The Kiingi Tuheitia Portraiture Award exhibition presents 40 artworks by emerging Māori artists from across Aotearoa, selected from the 2025 competition organised by Te Pūkenga Whakaata New Zealand Portrait Gallery. The biennial award was devised by the late Kiingi Tuheitia Pootatau Te Wherowhero VII to inspire a new generation of emerging Māori artists to create portraits of their tūpuna.

Spanning photography, painting, weaving, sculpture, video, and mixed media, the exhibition artworks showcase the diverse ways artists use toi (creative practice) to give form to whakapapa, identity, and intergenerational relationships.

Puke Ariki Museum Director Frith Williams says hosting the exhibition allows Puke Ariki to connect a nationally significant touring show with the ringatoi (artists), tūpuna, and stories of Taranaki.

“It was important for us that the exhibition included a strong local component,” she says. “So, our curator Natasha McKinney commissioned four new portraits by Taranaki artists Nia Tipene, Tania Niwa, Meke Mauriri, and Luanna Sheridan to be shown alongside the touring works, honouring tūpuna of this region. These are presented with historic local photographic portraits from our collections, and a series of Ngāti Te Whiti oral histories.”

Ngāti Te Whiti artist, researcher, and film producer Cilla Harnett, who curated the oral histories, says they bring the voices of mana whenua into the exhibition.

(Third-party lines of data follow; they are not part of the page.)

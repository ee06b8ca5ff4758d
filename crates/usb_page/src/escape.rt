//! Text that no browser reads as markup.
ghost use Rattle.std.specs.Prelude.{◌≡◌, ◌++◌, ℕ, List, IfOk, OnOk, flat_map};
ghost use Rattle.usb_page.specs.Escape.{Shows, escaped, shown_byte};

use std::alloc::{AllocError, Global};

/// The text with an entity for each `&`, `<`, `>`, `"` and `'`, and each other byte as it is.
///
/// # Errors
/// Memory was refused.
pub fn escaped(alloc: Global, text: &[u8]) -> Result<Vec<u8>, AllocError>
    ensures { IfOk result (λ out. out.items ≡ escaped text.now) }
{
    let mut out = Vec::with_capacity(alloc, text.len())?;
    'bytes: for byte in text {
        out.extend_from_slice(shown_byte(byte))?;
    }
    Ok(out)
}

/// The entity of a byte that HTML reads as markup, or the byte.
fn shown_byte(byte: &u8) -> &[u8]
    ensures { result.now ≡ shown_byte byte.now }
{
    match *byte {
        b'"' => b"&quot;",
        b'&' => b"&amp;",
        b'\'' => b"&#39;",
        b'<' => b"&lt;",
        b'>' => b"&gt;",
        _ => std::slice::from_ref(byte),
    }
}

/// What a browser shows of an escaped text is that text.
pub fn escaping_laws()
    // It reads no byte of it as markup, and shows all of it.
    ensures shows { (text : List ℕ) → Shows (escaped text) text }
    // It shows nothing else.
    ensures alone { (source one other : List ℕ) → Shows source one → Shows source other
        → one ≡ other }
{}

“Through oral histories, we keep our tūpuna alive, constantly reasserting ourselves and our everlasting connection to the whenua from where we came. This is reflected in the whakatauākī written by Daniel Keenan and Ricky Gage: ‘Ko ngā honohonotanga a iwi, a hapū, a whānau, e whakapūmautia ana, te hononga o ngā mātua tūpuna me o rātou uri whakatipu.’ It speaks to our relationships and intergenerational connections - past, present, and future.”

The gallery space has also been shaped by senior Taranaki artist WharehokaSmith, who worked alongside emerging local artists Jodie Tipa and Dwayne Duthie during the recent TUKU: Open Studio to create eight manaia (spiritual guardians). These elements now form an integral part of the exhibition environment, acknowledging the manaakitanga (hospitality) of tangata whenua as hosts.

The Kiingi Tuheitia Portraiture Award exhibition opens at Puke Ariki on 25 July and runs until 1 November 2026.

At a glance

  • Puke Ariki, meaning Hill of Chiefs, stands on a former prominent pā site in central New Plymouth.
  • It opened in 2003 as a combined library and museum – an innovative storehouse for Taranaki’s taonga and stories.
  • The museum presents both long-term and regularly changing exhibitions across six gallery spaces.
  • The central and community libraries offer many events designed to foster a love of reading, learning, and connection.
  • Puke Ariki also houses a research centre, restaurant, and café, and the district’s i-SITE visitor information and ticketing hub.

Caption: Taranaki artist Luanna Sheridan with her commissioned work Hine‑Pū te Hue, created for the Kiingi Tuheitia Portraiture Award exhibition. The work draws on Māori atua narratives, using gourd forms to explore balance, transformation and intergenerational creation.